▼

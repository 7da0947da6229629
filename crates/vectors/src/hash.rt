// SHA-256: by the public hash, by a state fed in parts, and of two parts in one block.
ghost use Rattle.std.specs.Prelude.{◌≡◌, ◌<◌, length};

use crate::print::Hex;
use sha256::Sha256;
use std::{array, io};
use wire::array_at;

// Byte i of the long message is 7 * i + 3, modulo 256.
fn long_message() -> [u8; 65537]
    ensures { 65537 ≡ length result }
{
    array::from_fn(
        |i: usize| -> u8
            requires { i < 65537 }
        { ((7 * i + 3) % 256) as u8 },
    )
}

// The refusal and the digest.
fn print_hash(rt: &impl Print, bytes: &[u8]) -> io::Result<()> {
    match sha256::hash(bytes) {
        Ok(digest) => println!(rt; "0 {}", Hex(&digest)),
        Err(refusal) => println!(rt; "{} {}", u32::from(refusal), Hex(&[0u8; 32])),
    }
}

// The digest by a state that is fed three parts.
fn print_parts(rt: &impl Print, m: &[u8]) -> io::Result<()> {
    let third = m.len() / 3;
    let half = m.len() / 2;
    let state = Sha256::new()
        .feed(&m[..third])
        .feed(&m[third..half])
        .feed(&m[half..]);
    if state.n <= 65536 {
        println!(rt; "  in three parts {}", Hex(&state.finish()))?;
    }
    Ok(())
}

// The length, and the digest of so many bytes of m.
fn print_length(rt: &impl Print, m: &[u8], n: usize) -> io::Result<()> {
    if let Some(message) = m.get(..n) {
        print!(rt; "n={n} ")?;
        print_hash(rt, message)?;
        print_parts(rt, message)?;
    }
    Ok(())
}

// The digest of the first 55 bytes of m, as 23 bytes and a hash value.
fn print_after(rt: &impl Print, m: &[u8]) -> io::Result<()> {
    if m.len() < 55 {
        return Ok(());
    }
    let value = sha256::hash_after(array_at(m, 0), sha256::value_at(m, 23));
    println!(rt;
        "  as 23 bytes and a hash value {}",
        Hex(&sha256::digest(value))
    )
}

// Lengths around one block and two, and around the limit.
fn print_edges(rt: &impl Print, m: &[u8]) -> io::Result<()> {
    for n in [0, 1, 54, 55] {
        print_length(rt, m, n)?;
    }
    print_after(rt, m)?;
    for n in [
        56, 57, 63, 64, 65, 118, 119, 120, 127, 128, 129, 1000, 65535, 65536,
    ] {
        print_length(rt, m, n)?;
    }
    print_hash(rt, m)
}

// The published messages, and then the long one.
pub fn print_all(rt: &impl Print) -> io::Result<()> {
    print_hash(rt, b"")?;
    print_hash(rt, b"abc")?;
    print_hash(
        rt,
        b"abcdbcdecdefdefgefghfghighijhijkijkljklmklmnlmnomnopnopq",
    )?;
    print_hash(
        rt,
        b"abcdefghbcdefghicdefghijdefghijkefghijklfghijklmghijklmnhijklmnoijklmnopjklmnopqklmnopqrlmnopqrsmnopqrstnopqrstu",
    )?;
    let m = long_message();
    print_edges(rt, &m)
}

▲

# What this task involves
Only the lines from the beginning of the material to the line containing "for n in [0, 1, 54, 55]" should be echoed, verbatim and in full.

# Answer space
repository 7da0947da6229629
filename crates/vectors/src/hash.rt
// SHA-256: by the public hash, by a state fed in parts, and of two parts in one block.
ghost use Rattle.std.specs.Prelude.{◌≡◌, ◌<◌, length};

use crate::print::Hex;
use sha256::Sha256;
use std::{array, io};
use wire::array_at;

// Byte i of the long message is 7 * i + 3, modulo 256.
fn long_message() -> [u8; 65537]
    ensures { 65537 ≡ length result }
{
    array::from_fn(
        |i: usize| -> u8
            requires { i < 65537 }
        { ((7 * i + 3) % 256) as u8 },
    )
}

// The refusal and the digest.
fn print_hash(rt: &impl Print, bytes: &[u8]) -> io::Result<()> {
    match sha256::hash(bytes) {
        Ok(digest) => println!(rt; "0 {}", Hex(&digest)),
        Err(refusal) => println!(rt; "{} {}", u32::from(refusal), Hex(&[0u8; 32])),
    }
}

// The digest by a state that is fed three parts.
fn print_parts(rt: &impl Print, m: &[u8]) -> io::Result<()> {
    let third = m.len() / 3;
    let half = m.len() / 2;
    let state = Sha256::new()
        .feed(&m[..third])
        .feed(&m[third..half])
        .feed(&m[half..]);
    if state.n <= 65536 {
        println!(rt; "  in three parts {}", Hex(&state.finish()))?;
    }
    Ok(())
}

// The length, and the digest of so many bytes of m.
fn print_length(rt: &impl Print, m: &[u8], n: usize) -> io::Result<()> {
    if let Some(message) = m.get(..n) {
        print!(rt; "n={n} ")?;
        print_hash(rt, message)?;
        print_parts(rt, message)?;
    }
    Ok(())
}

// The digest of the first 55 bytes of m, as 23 bytes and a hash value.
fn print_after(rt: &impl Print, m: &[u8]) -> io::Result<()> {
    if m.len() < 55 {
        return Ok(());
    }
    let value = sha256::hash_after(array_at(m, 0), sha256::value_at(m, 23));
    println!(rt;
        "  as 23 bytes and a hash value {}",
        Hex(&sha256::digest(value))
    )
}

// Lengths around one block and two, and around the limit.
fn print_edges(rt: &impl Print, m: &[u8]) -> io::Result<()> {
    for n in [0, 1, 54, 55] {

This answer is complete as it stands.